• Excerpted records
============================================================

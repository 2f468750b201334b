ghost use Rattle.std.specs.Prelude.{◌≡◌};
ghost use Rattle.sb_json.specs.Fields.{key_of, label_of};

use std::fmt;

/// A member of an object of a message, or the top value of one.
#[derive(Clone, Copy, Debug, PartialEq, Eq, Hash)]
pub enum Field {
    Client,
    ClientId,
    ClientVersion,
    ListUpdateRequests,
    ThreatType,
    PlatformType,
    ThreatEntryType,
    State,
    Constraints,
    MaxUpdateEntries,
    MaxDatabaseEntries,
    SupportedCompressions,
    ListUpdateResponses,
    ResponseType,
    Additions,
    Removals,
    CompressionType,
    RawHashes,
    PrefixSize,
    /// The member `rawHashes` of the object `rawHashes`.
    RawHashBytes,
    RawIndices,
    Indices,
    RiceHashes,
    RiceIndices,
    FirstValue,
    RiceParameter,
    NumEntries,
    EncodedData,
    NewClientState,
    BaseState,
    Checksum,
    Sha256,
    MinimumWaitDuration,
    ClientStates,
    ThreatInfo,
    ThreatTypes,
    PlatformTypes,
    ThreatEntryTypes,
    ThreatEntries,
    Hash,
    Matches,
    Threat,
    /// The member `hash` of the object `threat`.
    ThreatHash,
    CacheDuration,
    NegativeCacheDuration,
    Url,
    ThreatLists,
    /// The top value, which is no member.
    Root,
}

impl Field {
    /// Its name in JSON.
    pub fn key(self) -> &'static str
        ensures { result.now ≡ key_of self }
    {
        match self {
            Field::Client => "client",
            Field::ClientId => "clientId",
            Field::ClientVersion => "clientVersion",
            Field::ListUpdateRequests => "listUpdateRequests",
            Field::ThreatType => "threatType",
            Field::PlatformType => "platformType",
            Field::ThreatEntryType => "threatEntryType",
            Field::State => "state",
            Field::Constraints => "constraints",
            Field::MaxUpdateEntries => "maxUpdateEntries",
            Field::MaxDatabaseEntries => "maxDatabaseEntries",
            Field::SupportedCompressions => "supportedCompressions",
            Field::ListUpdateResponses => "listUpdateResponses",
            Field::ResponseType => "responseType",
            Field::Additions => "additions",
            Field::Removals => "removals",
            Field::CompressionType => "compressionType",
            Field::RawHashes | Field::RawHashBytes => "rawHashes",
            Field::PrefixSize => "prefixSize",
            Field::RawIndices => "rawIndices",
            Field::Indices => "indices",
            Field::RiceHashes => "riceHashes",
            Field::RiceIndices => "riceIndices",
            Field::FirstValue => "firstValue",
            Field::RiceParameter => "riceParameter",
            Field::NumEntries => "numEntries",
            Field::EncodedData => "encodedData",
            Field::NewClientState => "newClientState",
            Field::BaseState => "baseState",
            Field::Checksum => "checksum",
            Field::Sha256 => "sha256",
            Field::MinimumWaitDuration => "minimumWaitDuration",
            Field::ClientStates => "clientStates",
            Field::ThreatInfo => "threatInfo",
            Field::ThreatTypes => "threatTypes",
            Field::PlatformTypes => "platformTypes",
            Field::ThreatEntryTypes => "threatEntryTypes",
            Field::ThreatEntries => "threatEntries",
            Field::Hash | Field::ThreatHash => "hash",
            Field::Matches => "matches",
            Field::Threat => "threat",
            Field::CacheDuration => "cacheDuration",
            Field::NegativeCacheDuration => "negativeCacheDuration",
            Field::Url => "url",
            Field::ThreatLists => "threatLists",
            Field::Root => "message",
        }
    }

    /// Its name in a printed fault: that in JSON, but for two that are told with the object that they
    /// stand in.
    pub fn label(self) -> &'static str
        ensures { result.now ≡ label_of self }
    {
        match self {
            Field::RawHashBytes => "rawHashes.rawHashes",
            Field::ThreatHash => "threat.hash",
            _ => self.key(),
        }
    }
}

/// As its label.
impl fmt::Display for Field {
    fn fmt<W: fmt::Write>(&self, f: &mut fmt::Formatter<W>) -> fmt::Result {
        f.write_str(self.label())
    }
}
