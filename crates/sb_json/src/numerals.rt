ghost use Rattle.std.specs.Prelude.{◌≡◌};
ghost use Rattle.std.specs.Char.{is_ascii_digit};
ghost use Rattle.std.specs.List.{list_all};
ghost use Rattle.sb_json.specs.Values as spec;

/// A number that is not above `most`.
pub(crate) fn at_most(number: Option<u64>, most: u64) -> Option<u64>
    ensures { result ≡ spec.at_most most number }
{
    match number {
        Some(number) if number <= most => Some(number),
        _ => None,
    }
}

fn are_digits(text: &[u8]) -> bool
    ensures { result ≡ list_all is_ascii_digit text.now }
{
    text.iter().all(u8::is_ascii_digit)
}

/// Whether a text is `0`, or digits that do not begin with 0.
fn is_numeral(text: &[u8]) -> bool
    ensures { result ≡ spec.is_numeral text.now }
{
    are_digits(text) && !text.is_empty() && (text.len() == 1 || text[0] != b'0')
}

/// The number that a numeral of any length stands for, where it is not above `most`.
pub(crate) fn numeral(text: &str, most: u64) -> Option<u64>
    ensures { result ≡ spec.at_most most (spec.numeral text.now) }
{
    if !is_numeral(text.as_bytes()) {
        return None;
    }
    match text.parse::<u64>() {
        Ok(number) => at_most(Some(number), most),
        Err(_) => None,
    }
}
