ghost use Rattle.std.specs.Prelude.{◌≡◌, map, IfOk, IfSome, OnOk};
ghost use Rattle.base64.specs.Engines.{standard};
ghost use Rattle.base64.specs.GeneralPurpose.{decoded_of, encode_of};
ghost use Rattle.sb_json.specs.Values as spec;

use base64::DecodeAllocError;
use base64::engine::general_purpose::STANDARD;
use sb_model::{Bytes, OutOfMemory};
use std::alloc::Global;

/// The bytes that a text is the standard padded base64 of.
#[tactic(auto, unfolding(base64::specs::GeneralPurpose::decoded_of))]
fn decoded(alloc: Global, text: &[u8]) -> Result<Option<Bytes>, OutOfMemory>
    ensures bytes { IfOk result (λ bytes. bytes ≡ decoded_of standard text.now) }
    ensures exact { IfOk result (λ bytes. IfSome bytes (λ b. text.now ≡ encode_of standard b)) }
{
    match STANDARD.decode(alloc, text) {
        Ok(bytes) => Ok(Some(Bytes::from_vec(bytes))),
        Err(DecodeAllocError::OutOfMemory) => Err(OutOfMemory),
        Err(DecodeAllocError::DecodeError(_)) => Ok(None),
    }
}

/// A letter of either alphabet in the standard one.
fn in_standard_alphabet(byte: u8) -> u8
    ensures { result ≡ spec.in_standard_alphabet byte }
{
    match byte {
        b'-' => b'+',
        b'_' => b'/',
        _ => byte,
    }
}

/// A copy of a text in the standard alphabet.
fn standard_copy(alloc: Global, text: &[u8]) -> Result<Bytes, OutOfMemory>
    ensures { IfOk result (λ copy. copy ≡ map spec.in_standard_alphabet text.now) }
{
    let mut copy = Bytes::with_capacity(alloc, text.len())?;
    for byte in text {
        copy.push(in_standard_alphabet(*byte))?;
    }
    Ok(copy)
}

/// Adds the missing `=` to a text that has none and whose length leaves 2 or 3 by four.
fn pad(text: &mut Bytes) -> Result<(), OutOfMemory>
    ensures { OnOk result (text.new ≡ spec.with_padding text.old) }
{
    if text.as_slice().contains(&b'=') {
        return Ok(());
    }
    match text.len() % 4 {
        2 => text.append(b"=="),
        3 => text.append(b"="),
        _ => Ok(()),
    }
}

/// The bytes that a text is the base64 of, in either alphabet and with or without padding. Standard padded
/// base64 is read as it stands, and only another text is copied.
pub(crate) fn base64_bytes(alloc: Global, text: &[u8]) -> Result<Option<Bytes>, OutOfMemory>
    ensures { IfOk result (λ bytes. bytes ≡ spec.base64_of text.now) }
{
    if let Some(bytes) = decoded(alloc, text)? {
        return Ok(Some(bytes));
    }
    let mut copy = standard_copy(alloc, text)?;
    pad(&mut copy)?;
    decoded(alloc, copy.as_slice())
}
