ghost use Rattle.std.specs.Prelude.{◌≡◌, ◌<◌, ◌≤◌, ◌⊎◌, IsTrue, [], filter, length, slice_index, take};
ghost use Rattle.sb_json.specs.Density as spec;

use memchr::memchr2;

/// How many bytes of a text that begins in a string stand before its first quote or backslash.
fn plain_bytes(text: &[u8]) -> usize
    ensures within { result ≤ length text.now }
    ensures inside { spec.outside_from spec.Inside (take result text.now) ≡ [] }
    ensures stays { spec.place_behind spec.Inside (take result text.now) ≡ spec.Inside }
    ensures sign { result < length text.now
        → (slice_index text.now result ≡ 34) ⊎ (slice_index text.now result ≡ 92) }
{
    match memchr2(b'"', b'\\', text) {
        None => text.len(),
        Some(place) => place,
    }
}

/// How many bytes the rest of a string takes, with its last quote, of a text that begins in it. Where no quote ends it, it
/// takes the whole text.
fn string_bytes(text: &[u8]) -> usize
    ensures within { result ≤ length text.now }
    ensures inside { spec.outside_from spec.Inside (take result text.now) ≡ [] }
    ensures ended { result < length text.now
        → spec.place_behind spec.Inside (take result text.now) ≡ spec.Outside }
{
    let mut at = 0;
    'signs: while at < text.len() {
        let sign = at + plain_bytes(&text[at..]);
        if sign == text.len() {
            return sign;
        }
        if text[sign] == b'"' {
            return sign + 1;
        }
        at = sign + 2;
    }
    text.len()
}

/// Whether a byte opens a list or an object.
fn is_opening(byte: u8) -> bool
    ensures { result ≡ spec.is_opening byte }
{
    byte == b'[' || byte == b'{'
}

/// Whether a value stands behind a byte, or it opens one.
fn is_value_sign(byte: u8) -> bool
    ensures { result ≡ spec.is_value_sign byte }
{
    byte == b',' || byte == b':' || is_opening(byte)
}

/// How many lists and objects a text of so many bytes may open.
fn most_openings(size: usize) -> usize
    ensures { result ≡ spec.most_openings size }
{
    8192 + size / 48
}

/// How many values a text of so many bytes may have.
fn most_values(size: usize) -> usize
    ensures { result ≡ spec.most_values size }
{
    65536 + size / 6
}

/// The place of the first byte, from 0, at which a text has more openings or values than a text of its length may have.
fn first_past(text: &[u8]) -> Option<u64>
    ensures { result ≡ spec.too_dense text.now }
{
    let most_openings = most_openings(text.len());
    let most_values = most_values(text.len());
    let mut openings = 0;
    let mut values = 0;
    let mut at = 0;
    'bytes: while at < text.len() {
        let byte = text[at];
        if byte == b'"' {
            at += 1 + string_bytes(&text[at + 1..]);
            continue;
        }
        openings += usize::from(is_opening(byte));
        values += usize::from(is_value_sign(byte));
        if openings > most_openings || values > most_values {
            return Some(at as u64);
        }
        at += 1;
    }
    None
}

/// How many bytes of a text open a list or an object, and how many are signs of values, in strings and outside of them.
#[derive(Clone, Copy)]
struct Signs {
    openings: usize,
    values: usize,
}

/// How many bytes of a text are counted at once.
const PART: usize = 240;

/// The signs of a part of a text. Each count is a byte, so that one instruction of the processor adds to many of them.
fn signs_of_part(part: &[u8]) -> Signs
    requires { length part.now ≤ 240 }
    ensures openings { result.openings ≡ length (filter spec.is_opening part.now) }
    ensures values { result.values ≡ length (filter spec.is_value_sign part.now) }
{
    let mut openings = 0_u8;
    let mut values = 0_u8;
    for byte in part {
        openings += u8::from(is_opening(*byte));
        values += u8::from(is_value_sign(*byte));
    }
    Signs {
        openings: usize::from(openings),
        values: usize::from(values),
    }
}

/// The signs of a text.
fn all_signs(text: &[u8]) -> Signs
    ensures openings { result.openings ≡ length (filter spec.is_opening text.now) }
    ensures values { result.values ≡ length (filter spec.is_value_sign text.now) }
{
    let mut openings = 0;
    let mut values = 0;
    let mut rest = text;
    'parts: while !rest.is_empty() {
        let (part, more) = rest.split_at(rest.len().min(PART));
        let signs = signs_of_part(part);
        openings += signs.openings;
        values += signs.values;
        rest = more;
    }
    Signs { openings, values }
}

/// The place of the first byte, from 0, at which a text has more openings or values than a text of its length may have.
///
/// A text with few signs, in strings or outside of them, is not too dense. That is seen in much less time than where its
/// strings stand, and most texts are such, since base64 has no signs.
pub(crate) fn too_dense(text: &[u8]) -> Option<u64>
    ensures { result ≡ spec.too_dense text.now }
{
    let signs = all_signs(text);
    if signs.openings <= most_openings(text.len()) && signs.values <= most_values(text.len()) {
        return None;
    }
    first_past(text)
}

============================================================

• Brief
Please give an exact copy of the entries above, from the line with "result (λ copy." down to the line with "or 3 by four.", inclusive, and nothing else.

• Your response
    ensures { IfOk result (λ copy. copy ≡ map spec.in_standard_alphabet text.now) }
{
    let mut copy = Bytes::with_capacity(alloc, text.len())?;
    for byte in text {
        copy.push(in_standard_alphabet(*byte))?;
    }
    Ok(copy)
}

/// Adds the missing `=` to a text that has none and whose length leaves 2 or 3 by four.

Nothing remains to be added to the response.